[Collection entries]
//! Which module answers a table.

use crate::{documents, forms};
use std::alloc::{AllocError, Global};
use tables::Answers;

/// What the rows are asked of.
pub struct Doors;

impl Answers for Doors {
    fn answer(
        &self,
        alloc: Global,
        table: &str,
        _given: &[u8],
        input: &[u8],
    ) -> Result<String, AllocError> {
        let mut out = String::new(alloc);
        let Ok(text) = str::from_utf8(input) else {
            out.push_str("no text")?;
            return Ok(out);
        };
        match table {
            "items" => forms::write(alloc, &mut out, text)?,
            "documents" => documents::write(alloc, &mut out, text)?,
            _ => out.push_str("no such table")?,
        }
        Ok(out)
    }
}
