//! The item at a place, read by the swift reader and by the reader of all items.

use std::alloc::{AllocError, Global};
use xml_items::{Counted, ItemFault, ItemKind, next_counted};
use xml_model::Span;
use xml_swift::{next_counted_swiftly, swift};

/// At how many offsets an item is asked, and with how many bytes behind it.
const OFFSETS: usize = 16;

const BEHIND: usize = 80;

/// What three readers answer.
#[derive(Clone, Copy)]
struct Answers {
    swift: Option<Counted>,
    both: Result<Option<Counted>, ItemFault>,
    all: Result<Option<Counted>, ItemFault>,
}

/// What is answered at a place of a text; None where it is no place of a character.
fn answers_at(text: &str, at: usize) -> Option<Answers> {
    if text.len() >= 1 << 30 || !text.is_char_boundary(at) {
        return None;
    }
    let bytes = text.as_bytes();
    let place = at as u32;
    Some(Answers {
        swift: swift(bytes, place),
        both: next_counted_swiftly(bytes, place),
        all: next_counted(bytes, place),
    })
}

/// A text with so many bytes before it, and a tag that is not closed behind it, which gives so many bytes.
fn placed(alloc: Global, text: &str, before: usize, behind: usize) -> Result<String, AllocError> {
    let mut whole = String::new(alloc);
    for _ in 0..before {
        whole.push_str("-")?;
    }
    whole.push_str(text)?;
    for i in 0..behind {
        whole.push_str(if i == 0 { "<" } else { "-" })?;
    }
    Ok(whole)
}

fn kind_word(kind: ItemKind) -> &'static str {
    match kind {
        ItemKind::Text => "text",
        ItemKind::StartTag => "start tag",
        ItemKind::EmptyTag => "empty tag",
        ItemKind::EndTag => "end tag",
        _ => "other",
    }
}

/// A span, by places behind the start of its item.
fn write_span(out: &mut String, span: Span, start: u32) -> Result<(), AllocError> {
    let from = span.start.saturating_sub(start);
    let to = span.end.saturating_sub(start);
    write!(out, ", {from}..{to}")
}

/// The item by its places behind its start.
fn write_item(out: &mut String, counted: Counted) -> Result<(), AllocError> {
    let item = counted.item;
    let start = item.span.start;
    out.push_str(kind_word(item.kind))?;
    write!(out, " {}", item.span.end.saturating_sub(start))?;
    write_span(out, item.name, start)?;
    write_span(out, item.content, start)?;
    write!(out, ", {}", counted.attributes)
}

/// The least number of bytes behind an item with which the swift reader answers at this offset, and what it answers. What
/// differs from the reader of all items is written.
fn first_answer(
    alloc: Global,
    out: &mut String,
    text: &str,
    before: usize,
) -> Result<Option<(usize, Counted)>, AllocError> {
    let mut first = None;
    for behind in 0..BEHIND {
        let whole = placed(alloc, text, before, behind)?;
        let Some(answers) = answers_at(whole.as_str(), before) else {
            continue;
        };
        if answers.both != answers.all {
            write!(out, "other answers at {before} with {behind}, ")?;
        }
        match (answers.swift, first) {
            (Some(counted), None) => first = Some((behind, counted)),
            (None, Some(_)) => write!(out, "none at {before} with {behind}, ")?,
            _ => {}
        }
        if answers.swift.is_some() && answers.all != Ok(answers.swift) {
            write!(out, "other item at {before} with {behind}, ")?;
        }
    }
    Ok(first)
}

/// What the swift reader answers, and with how many bytes behind the item, at each of the offsets.
pub fn write(alloc: Global, out: &mut String, text: &str) -> Result<(), AllocError> {
    let mut least = None;
    for before in 0..OFFSETS {
        let first = first_answer(alloc, out, text, before)?;
        let behind = first.map(|f| f.0);
        if before > 0 && behind != least {
            write!(out, "otherwise at {before}, ")?;
        }
        least = behind;
        if before == 0 {
            match first {
                Some((_, counted)) => write_item(out, counted)?,
                None => out.push_str("gives up")?,
            }
        }
    }
    match least {
        Some(behind) => write!(out, ", from {behind}"),
        None => Ok(()),
    }
}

[What you have to do]
Could you find every line in the records above that contains the word "both" and copy it?

[Answer section]
    both: Result<Option<Counted>, ItemFault>,
        both: next_counted_swiftly(bytes, place),
        if answers.both != answers.all {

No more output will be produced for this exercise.